WHAT YOU HAVE TO DO - Show every line in the material below in which the string "usize" appears.

DATA TO EXAMINE -
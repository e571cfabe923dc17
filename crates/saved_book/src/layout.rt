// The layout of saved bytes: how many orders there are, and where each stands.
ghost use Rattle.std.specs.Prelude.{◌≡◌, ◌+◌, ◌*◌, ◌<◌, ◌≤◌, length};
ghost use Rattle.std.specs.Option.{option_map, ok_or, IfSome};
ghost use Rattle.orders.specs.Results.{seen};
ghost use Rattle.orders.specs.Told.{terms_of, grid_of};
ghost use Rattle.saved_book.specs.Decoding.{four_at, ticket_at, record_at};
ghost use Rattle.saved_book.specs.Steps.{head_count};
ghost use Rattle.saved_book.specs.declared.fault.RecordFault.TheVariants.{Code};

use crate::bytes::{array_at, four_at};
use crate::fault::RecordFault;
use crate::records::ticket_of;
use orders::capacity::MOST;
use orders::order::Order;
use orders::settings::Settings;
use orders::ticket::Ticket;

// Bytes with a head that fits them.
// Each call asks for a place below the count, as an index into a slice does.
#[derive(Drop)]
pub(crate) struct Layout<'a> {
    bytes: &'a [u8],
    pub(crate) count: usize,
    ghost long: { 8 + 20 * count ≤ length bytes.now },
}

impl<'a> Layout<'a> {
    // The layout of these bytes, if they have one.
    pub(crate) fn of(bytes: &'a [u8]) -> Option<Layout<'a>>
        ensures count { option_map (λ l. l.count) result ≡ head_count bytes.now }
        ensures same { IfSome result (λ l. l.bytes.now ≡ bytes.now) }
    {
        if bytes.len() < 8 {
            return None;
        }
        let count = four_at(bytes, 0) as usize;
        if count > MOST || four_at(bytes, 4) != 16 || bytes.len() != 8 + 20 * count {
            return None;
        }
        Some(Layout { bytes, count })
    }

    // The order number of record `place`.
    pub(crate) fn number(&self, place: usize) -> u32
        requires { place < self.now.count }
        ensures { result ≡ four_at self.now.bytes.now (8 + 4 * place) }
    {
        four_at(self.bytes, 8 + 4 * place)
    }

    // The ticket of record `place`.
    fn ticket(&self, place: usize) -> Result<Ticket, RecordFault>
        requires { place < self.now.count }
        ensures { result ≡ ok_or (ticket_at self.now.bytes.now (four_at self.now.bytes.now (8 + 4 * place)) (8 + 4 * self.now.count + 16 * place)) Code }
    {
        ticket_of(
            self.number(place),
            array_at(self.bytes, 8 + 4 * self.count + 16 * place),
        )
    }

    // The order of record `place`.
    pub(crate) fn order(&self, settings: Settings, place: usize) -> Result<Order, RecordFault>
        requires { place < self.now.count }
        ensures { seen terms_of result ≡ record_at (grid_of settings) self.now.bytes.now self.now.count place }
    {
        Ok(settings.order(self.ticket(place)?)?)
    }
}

* * *

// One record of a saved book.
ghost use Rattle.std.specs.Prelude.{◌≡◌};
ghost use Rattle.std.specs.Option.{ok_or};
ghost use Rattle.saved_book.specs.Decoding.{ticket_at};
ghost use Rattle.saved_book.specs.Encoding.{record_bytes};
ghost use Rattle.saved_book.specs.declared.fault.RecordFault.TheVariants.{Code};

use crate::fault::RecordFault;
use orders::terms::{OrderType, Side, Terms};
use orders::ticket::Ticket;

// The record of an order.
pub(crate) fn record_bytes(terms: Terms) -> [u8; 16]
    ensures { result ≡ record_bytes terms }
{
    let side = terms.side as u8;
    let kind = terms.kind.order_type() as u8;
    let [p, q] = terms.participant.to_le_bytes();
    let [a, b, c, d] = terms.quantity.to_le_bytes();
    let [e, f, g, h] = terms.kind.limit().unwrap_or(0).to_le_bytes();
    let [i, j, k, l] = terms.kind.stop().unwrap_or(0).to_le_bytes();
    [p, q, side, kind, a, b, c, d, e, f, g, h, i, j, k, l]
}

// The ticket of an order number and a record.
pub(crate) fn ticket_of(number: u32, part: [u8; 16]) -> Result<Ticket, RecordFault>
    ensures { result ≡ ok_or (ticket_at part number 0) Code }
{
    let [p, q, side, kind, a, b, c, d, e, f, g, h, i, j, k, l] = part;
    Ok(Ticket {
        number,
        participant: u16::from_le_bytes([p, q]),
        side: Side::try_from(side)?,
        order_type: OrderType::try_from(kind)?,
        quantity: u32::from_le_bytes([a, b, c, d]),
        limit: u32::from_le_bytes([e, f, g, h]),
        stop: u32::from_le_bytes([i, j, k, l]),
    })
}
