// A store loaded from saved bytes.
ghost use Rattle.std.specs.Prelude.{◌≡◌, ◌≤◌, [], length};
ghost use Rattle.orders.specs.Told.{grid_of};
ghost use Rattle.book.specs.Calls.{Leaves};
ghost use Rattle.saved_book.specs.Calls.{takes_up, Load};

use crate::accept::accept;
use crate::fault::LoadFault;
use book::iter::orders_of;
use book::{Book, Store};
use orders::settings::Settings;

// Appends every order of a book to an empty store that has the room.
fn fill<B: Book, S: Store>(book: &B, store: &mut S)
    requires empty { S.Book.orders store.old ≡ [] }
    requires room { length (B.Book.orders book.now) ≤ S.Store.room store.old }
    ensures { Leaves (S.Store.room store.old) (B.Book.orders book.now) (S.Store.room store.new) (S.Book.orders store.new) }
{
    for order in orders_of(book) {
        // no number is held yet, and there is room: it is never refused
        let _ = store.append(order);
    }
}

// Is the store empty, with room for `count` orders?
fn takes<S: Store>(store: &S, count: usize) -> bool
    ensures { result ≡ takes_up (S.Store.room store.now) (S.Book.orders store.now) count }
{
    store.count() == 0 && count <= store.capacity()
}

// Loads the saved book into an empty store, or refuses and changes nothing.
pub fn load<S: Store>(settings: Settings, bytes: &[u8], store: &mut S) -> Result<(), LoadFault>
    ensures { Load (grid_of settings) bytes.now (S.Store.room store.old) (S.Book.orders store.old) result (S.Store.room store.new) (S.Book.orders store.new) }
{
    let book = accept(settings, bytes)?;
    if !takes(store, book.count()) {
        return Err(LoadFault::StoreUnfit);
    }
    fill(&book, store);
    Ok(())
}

WRITTEN RESPONSE -
    pub(crate) count: usize,
        let count = four_at(bytes, 0) as usize;
    pub(crate) fn number(&self, place: usize) -> u32
    fn ticket(&self, place: usize) -> Result<Ticket, RecordFault>
    pub(crate) fn order(&self, settings: Settings, place: usize) -> Result<Order, RecordFault>
fn takes<S: Store>(store: &S, count: usize) -> bool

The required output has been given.